### [Source records]
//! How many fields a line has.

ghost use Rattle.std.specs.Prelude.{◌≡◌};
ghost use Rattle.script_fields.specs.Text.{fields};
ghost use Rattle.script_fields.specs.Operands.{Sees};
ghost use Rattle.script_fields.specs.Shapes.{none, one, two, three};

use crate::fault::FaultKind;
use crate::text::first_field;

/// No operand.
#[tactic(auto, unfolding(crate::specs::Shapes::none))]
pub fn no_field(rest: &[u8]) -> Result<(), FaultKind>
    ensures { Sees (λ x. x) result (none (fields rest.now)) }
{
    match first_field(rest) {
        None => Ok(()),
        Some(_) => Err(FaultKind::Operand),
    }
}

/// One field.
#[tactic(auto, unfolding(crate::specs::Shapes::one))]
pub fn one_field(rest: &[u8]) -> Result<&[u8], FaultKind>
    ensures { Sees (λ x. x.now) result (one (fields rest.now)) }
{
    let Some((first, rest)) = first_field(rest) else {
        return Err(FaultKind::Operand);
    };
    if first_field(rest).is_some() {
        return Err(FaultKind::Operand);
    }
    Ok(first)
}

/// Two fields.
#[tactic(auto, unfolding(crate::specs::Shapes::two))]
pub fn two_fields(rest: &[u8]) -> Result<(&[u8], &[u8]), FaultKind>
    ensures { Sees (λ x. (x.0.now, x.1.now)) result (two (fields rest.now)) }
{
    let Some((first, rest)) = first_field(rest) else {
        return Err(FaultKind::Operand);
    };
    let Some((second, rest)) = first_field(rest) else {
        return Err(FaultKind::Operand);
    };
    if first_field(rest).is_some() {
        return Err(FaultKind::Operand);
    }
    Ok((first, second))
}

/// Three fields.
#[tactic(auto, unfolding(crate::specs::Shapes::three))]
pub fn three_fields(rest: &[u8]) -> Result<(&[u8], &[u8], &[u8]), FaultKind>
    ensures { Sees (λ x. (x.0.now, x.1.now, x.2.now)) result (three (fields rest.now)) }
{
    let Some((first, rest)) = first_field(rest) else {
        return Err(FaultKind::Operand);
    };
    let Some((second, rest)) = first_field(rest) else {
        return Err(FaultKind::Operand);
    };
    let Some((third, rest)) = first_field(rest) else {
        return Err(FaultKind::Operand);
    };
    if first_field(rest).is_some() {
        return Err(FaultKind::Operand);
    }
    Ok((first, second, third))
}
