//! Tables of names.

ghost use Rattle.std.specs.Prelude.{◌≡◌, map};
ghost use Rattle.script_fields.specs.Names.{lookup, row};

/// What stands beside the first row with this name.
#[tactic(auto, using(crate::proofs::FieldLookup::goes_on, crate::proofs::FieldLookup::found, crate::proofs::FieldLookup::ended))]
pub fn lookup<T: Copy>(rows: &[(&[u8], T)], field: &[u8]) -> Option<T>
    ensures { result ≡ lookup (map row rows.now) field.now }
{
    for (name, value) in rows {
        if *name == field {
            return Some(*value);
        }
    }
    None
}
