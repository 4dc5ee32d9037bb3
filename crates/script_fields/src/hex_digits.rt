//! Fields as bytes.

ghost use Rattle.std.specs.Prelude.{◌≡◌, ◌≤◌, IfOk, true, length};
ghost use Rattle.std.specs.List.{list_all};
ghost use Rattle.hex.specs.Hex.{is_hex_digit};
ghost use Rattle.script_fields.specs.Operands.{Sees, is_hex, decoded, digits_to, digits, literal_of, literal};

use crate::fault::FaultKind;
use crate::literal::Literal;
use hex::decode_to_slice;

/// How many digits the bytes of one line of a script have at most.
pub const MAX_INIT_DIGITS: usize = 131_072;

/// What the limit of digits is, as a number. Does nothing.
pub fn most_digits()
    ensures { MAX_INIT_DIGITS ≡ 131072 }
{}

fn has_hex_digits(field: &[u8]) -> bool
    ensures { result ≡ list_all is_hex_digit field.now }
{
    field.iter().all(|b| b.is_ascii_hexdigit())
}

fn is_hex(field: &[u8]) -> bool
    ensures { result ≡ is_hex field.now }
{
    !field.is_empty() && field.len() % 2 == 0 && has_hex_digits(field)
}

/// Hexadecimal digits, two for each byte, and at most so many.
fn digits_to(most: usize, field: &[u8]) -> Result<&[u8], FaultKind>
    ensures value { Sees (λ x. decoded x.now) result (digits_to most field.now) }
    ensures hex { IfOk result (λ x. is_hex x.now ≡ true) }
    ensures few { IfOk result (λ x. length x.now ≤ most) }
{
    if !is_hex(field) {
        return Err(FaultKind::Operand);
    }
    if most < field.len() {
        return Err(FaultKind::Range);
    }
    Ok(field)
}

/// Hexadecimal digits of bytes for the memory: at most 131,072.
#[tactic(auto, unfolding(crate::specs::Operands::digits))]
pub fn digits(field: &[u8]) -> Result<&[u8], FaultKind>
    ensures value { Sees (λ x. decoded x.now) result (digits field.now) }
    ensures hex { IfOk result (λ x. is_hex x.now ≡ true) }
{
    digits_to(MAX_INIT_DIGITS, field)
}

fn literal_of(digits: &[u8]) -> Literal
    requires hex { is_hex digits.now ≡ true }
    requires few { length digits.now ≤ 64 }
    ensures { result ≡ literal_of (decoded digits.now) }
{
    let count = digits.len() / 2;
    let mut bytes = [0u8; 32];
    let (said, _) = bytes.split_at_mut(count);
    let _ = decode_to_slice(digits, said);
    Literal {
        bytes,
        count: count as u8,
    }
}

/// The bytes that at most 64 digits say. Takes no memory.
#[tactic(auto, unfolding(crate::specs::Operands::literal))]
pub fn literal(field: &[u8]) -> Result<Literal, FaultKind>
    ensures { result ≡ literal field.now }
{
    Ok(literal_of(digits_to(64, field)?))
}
==
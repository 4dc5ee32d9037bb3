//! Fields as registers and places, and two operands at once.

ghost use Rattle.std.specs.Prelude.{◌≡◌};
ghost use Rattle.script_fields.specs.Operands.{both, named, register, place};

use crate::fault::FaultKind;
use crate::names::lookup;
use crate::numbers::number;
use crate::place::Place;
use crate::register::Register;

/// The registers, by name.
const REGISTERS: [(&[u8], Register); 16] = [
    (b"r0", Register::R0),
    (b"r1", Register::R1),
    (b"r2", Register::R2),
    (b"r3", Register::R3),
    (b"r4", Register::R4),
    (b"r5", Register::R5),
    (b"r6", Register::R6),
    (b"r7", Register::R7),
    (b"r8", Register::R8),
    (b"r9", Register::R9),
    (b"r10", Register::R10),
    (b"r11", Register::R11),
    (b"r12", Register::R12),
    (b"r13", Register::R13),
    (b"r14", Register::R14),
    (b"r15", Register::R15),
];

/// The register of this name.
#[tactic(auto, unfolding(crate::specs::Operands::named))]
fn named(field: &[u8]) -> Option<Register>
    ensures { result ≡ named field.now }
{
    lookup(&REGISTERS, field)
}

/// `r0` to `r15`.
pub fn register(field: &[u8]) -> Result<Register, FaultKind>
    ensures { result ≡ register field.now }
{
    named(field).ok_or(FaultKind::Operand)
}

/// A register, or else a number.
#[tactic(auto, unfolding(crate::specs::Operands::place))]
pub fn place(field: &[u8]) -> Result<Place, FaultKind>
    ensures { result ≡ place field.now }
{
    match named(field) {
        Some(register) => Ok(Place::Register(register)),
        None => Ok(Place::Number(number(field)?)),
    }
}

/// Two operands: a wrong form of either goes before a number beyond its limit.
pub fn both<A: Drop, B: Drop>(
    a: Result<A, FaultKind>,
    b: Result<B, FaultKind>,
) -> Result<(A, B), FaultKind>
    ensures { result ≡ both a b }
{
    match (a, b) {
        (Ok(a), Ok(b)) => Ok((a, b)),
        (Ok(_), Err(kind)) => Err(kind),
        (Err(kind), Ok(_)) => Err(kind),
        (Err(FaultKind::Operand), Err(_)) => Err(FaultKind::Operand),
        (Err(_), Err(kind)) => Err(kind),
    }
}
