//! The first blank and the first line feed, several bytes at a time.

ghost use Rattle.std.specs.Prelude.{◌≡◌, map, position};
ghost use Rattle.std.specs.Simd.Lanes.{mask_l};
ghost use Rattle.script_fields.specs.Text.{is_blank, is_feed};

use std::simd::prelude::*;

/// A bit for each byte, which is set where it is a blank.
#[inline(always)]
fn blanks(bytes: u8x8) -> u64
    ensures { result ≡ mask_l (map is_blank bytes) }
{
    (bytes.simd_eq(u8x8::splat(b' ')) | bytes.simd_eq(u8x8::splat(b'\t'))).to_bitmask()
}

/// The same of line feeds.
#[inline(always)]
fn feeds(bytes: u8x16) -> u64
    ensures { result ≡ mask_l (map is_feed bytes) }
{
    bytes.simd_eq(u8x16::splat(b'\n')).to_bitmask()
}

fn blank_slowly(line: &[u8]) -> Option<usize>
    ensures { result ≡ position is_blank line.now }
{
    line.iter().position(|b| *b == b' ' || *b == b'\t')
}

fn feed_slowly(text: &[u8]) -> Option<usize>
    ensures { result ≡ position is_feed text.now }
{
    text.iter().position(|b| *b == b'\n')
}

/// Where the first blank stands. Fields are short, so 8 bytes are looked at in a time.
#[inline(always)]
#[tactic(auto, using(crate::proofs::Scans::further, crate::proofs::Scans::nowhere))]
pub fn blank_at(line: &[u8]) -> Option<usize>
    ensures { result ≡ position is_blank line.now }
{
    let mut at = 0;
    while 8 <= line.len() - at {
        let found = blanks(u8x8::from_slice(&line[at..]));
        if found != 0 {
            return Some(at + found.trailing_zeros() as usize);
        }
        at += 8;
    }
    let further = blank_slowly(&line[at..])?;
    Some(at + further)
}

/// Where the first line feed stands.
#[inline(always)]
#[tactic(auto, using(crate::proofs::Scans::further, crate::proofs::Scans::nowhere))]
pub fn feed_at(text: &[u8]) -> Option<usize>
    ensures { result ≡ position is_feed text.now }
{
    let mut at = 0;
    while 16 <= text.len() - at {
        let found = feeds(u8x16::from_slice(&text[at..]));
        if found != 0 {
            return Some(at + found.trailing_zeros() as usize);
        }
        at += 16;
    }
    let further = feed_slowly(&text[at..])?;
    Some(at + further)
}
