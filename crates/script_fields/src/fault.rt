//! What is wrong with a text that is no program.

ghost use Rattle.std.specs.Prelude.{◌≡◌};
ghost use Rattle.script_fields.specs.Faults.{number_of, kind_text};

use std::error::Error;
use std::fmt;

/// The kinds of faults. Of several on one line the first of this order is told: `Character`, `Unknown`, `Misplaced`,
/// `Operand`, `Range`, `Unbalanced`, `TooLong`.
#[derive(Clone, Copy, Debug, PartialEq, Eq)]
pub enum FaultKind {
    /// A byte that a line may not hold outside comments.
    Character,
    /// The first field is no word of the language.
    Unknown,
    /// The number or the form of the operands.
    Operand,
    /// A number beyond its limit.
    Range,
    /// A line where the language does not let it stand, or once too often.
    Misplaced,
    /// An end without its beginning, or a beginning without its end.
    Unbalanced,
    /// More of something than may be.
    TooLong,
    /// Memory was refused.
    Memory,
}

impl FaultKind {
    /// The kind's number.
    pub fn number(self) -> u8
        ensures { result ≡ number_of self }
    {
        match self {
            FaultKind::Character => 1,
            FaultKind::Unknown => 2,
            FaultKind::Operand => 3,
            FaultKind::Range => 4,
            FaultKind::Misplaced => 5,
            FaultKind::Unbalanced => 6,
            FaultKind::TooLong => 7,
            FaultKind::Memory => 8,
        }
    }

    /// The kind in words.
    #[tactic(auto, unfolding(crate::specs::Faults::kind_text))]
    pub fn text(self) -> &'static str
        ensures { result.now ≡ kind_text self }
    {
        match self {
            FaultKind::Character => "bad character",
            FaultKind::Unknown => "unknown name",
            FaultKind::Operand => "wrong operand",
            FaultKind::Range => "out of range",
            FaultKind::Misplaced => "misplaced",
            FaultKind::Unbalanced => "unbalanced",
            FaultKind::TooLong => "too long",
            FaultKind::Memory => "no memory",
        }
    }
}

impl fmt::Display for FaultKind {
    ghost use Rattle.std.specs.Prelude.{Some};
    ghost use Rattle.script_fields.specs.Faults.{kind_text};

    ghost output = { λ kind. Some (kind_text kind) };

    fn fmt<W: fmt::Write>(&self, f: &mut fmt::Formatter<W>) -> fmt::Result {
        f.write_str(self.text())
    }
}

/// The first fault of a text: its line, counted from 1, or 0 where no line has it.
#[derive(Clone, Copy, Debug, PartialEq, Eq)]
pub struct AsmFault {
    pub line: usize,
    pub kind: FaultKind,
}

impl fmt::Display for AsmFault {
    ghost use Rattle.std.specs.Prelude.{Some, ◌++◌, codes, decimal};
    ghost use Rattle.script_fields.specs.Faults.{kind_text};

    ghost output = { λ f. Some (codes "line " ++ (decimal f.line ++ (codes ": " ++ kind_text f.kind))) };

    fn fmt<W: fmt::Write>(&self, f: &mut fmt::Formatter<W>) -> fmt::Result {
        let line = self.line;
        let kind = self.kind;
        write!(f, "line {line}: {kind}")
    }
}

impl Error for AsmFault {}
==
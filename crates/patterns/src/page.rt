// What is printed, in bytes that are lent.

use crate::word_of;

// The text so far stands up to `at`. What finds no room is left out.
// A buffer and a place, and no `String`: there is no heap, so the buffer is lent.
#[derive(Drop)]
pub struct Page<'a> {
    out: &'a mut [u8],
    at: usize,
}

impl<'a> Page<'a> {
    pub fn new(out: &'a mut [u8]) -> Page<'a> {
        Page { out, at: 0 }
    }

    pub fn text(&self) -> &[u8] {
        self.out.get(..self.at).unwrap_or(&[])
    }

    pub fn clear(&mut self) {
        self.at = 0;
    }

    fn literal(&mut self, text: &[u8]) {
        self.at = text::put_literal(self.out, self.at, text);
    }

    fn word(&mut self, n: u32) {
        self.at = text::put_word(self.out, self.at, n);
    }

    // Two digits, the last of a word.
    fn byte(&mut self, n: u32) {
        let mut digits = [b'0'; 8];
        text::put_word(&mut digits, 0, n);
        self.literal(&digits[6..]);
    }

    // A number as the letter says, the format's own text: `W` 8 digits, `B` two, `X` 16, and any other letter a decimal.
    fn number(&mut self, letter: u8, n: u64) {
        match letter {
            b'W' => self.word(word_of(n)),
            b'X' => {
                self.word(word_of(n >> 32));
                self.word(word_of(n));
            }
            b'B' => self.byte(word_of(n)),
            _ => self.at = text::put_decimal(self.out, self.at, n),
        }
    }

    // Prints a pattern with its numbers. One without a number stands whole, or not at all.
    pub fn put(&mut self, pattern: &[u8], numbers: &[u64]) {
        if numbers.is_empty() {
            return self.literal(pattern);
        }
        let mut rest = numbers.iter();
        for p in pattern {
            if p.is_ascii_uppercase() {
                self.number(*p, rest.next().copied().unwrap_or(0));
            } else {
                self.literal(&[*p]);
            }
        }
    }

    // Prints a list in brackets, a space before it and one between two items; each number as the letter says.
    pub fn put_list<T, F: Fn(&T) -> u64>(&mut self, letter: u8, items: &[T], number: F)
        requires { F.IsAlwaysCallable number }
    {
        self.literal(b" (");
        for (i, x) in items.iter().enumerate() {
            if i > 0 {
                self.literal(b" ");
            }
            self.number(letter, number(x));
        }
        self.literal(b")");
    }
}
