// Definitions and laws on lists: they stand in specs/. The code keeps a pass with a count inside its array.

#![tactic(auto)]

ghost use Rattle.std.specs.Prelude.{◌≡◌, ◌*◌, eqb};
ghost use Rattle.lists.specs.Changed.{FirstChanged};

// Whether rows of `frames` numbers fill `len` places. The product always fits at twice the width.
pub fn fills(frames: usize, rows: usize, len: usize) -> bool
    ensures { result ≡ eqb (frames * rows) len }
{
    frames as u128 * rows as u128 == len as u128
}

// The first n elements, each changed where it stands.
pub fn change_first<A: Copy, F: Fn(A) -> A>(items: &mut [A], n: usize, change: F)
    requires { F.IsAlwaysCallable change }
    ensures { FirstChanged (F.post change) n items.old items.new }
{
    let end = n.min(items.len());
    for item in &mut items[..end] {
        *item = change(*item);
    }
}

### [What is expected]
Look through the records and copy down every line that holds "Shapes".

### [Result for this exercise]
ghost use Rattle.script_fields.specs.Shapes.{none, one, two, three};
#[tactic(auto, unfolding(crate::specs::Shapes::none))]
#[tactic(auto, unfolding(crate::specs::Shapes::one))]
#[tactic(auto, unfolding(crate::specs::Shapes::two))]
#[tactic(auto, unfolding(crate::specs::Shapes::three))]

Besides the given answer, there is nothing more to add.